::: DATA SUPPLIED :::

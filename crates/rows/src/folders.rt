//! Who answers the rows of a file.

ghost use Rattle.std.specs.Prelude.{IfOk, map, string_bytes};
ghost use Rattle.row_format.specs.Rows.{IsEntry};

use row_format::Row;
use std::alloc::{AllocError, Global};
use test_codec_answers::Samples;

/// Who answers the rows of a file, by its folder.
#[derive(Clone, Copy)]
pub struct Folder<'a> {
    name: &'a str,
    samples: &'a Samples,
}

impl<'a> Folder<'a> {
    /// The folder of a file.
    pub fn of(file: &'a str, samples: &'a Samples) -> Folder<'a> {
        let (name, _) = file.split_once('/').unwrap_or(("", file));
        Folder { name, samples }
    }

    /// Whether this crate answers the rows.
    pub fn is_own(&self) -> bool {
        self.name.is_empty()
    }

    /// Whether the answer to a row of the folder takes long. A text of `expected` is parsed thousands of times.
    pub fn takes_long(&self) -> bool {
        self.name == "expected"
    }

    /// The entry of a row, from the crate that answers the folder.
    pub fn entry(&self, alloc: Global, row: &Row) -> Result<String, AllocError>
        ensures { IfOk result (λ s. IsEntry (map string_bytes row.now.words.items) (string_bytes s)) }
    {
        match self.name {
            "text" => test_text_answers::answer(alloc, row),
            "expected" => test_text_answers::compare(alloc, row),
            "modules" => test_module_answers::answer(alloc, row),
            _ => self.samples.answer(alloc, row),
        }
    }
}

:::
::: DATA SUPPLIED :::

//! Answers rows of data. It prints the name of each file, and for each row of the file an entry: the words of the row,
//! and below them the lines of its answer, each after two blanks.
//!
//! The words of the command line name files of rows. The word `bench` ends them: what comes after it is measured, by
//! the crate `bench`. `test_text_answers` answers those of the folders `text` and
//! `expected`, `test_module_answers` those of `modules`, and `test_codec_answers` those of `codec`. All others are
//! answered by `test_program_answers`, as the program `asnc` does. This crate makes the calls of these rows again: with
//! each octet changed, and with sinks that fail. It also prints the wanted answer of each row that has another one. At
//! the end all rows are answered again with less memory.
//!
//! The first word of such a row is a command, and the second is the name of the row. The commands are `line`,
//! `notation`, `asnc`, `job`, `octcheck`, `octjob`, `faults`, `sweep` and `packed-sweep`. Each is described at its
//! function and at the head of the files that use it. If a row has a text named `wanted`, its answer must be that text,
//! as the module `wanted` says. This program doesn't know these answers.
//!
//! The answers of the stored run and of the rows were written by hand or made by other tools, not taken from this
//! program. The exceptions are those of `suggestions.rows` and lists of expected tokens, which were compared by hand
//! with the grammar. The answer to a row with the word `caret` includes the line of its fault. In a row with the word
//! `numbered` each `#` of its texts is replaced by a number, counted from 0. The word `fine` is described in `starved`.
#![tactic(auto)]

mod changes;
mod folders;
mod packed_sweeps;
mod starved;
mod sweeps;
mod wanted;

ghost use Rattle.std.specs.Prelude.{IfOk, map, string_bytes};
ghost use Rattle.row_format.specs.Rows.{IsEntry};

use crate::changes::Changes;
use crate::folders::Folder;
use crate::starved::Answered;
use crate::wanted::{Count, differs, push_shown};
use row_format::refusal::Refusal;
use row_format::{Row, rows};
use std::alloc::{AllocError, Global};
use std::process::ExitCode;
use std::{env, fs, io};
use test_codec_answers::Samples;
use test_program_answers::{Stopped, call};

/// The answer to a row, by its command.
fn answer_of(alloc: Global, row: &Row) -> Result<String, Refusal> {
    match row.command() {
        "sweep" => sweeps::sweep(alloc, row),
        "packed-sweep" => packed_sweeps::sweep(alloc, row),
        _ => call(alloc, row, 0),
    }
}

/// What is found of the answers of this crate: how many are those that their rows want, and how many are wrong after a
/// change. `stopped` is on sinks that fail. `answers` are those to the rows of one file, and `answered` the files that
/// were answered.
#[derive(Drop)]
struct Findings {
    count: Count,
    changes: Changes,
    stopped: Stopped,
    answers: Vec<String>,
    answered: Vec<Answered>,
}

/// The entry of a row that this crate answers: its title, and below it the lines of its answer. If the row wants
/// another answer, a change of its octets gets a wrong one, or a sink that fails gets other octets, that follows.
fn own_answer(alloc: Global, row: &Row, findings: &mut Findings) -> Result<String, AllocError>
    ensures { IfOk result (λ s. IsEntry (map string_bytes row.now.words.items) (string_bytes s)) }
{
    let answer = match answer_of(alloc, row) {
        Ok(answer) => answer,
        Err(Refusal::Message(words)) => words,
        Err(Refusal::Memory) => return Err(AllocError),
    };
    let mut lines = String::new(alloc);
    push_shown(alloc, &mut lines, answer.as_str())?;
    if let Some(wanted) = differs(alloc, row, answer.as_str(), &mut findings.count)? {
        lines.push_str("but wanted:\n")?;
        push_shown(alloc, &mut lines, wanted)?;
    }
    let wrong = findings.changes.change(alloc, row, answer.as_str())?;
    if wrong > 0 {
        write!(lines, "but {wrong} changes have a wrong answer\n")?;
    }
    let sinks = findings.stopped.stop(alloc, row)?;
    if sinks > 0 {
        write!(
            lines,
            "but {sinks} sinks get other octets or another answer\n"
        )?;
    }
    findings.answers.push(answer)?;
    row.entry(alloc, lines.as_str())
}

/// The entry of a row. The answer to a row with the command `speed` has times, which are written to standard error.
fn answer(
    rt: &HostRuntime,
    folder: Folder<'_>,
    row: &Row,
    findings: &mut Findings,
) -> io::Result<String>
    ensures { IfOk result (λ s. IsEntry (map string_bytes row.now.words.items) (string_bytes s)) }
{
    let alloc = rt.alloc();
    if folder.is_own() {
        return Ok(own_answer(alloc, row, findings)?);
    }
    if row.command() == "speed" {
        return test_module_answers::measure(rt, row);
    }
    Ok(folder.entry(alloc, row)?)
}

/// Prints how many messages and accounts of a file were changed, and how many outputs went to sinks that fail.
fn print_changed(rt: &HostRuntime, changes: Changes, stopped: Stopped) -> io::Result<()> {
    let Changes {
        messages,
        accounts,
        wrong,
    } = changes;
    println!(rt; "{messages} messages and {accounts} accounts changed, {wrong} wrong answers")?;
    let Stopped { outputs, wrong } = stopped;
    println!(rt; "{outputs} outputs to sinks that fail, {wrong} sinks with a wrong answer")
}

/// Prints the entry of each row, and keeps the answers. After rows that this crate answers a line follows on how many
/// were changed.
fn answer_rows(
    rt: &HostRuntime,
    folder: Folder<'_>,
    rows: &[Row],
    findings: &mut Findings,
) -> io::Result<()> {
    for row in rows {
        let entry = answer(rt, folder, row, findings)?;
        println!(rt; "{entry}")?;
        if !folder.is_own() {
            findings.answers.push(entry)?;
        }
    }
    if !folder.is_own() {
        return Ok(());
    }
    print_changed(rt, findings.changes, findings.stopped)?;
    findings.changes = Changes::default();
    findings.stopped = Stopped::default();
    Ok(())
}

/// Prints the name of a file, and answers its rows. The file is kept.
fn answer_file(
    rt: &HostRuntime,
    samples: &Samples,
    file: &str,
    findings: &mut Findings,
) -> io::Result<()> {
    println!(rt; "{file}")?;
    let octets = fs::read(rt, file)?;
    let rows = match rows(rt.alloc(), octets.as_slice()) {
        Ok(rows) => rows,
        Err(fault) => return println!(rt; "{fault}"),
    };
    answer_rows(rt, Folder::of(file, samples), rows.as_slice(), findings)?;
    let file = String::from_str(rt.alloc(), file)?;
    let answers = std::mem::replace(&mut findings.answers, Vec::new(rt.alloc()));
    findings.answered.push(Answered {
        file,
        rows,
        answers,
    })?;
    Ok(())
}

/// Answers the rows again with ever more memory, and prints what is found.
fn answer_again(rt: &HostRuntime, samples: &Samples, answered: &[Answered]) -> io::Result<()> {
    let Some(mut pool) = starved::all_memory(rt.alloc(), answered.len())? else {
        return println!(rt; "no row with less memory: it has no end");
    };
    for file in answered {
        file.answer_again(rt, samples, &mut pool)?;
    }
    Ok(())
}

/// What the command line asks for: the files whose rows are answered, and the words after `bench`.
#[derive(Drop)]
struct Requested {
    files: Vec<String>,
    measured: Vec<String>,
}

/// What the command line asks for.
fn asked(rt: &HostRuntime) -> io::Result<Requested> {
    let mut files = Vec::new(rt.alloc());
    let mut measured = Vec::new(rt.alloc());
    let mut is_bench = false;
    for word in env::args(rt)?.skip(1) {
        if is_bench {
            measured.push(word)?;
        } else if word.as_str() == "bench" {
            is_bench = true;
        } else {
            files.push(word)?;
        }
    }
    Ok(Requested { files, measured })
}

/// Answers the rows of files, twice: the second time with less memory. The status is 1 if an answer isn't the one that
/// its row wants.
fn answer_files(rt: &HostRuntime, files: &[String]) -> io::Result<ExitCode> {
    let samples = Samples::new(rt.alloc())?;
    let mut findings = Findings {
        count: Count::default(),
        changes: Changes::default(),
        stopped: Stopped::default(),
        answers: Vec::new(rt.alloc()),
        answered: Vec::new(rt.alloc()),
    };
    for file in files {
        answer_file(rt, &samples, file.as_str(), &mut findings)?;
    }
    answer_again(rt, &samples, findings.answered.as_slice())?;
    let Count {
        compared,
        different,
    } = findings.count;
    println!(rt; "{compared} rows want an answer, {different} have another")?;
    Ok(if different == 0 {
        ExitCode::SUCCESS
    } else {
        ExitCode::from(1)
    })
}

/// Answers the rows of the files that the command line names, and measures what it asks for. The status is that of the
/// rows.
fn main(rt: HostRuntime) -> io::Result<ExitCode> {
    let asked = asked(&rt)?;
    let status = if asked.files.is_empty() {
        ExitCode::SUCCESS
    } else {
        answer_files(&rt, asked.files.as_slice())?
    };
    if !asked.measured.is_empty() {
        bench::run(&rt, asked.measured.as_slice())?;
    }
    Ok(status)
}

:::

> [INSTRUCTIONS TO FOLLOW]:
Above are some records; copy exactly the lines from the one with "In a row with the word" through the one with "push_shown(alloc, &mut lines, answer.as_str())?;", both included, and no others.

> [EXERCISE SOLUTION]:
//! with the grammar. The answer to a row with the word `caret` includes the line of its fault. In a row with the word
//! `numbered` each `#` of its texts is replaced by a number, counted from 0. The word `fine` is described in `starved`.
#![tactic(auto)]

mod changes;
mod folders;
mod packed_sweeps;
mod starved;
mod sweeps;
mod wanted;

ghost use Rattle.std.specs.Prelude.{IfOk, map, string_bytes};
ghost use Rattle.row_format.specs.Rows.{IsEntry};

use crate::changes::Changes;
use crate::folders::Folder;
use crate::starved::Answered;
use crate::wanted::{Count, differs, push_shown};
use row_format::refusal::Refusal;
use row_format::{Row, rows};
use std::alloc::{AllocError, Global};
use std::process::ExitCode;
use std::{env, fs, io};
use test_codec_answers::Samples;
use test_program_answers::{Stopped, call};

/// The answer to a row, by its command.
fn answer_of(alloc: Global, row: &Row) -> Result<String, Refusal> {
    match row.command() {
        "sweep" => sweeps::sweep(alloc, row),
        "packed-sweep" => packed_sweeps::sweep(alloc, row),
        _ => call(alloc, row, 0),
    }
}

/// What is found of the answers of this crate: how many are those that their rows want, and how many are wrong after a
/// change. `stopped` is on sinks that fail. `answers` are those to the rows of one file, and `answered` the files that
/// were answered.
#[derive(Drop)]
struct Findings {
    count: Count,
    changes: Changes,
    stopped: Stopped,
    answers: Vec<String>,
    answered: Vec<Answered>,
}

/// The entry of a row that this crate answers: its title, and below it the lines of its answer. If the row wants
/// another answer, a change of its octets gets a wrong one, or a sink that fails gets other octets, that follows.
fn own_answer(alloc: Global, row: &Row, findings: &mut Findings) -> Result<String, AllocError>
    ensures { IfOk result (λ s. IsEntry (map string_bytes row.now.words.items) (string_bytes s)) }
{
    let answer = match answer_of(alloc, row) {
        Ok(answer) => answer,
        Err(Refusal::Message(words)) => words,
        Err(Refusal::Memory) => return Err(AllocError),
    };
    let mut lines = String::new(alloc);
    push_shown(alloc, &mut lines, answer.as_str())?;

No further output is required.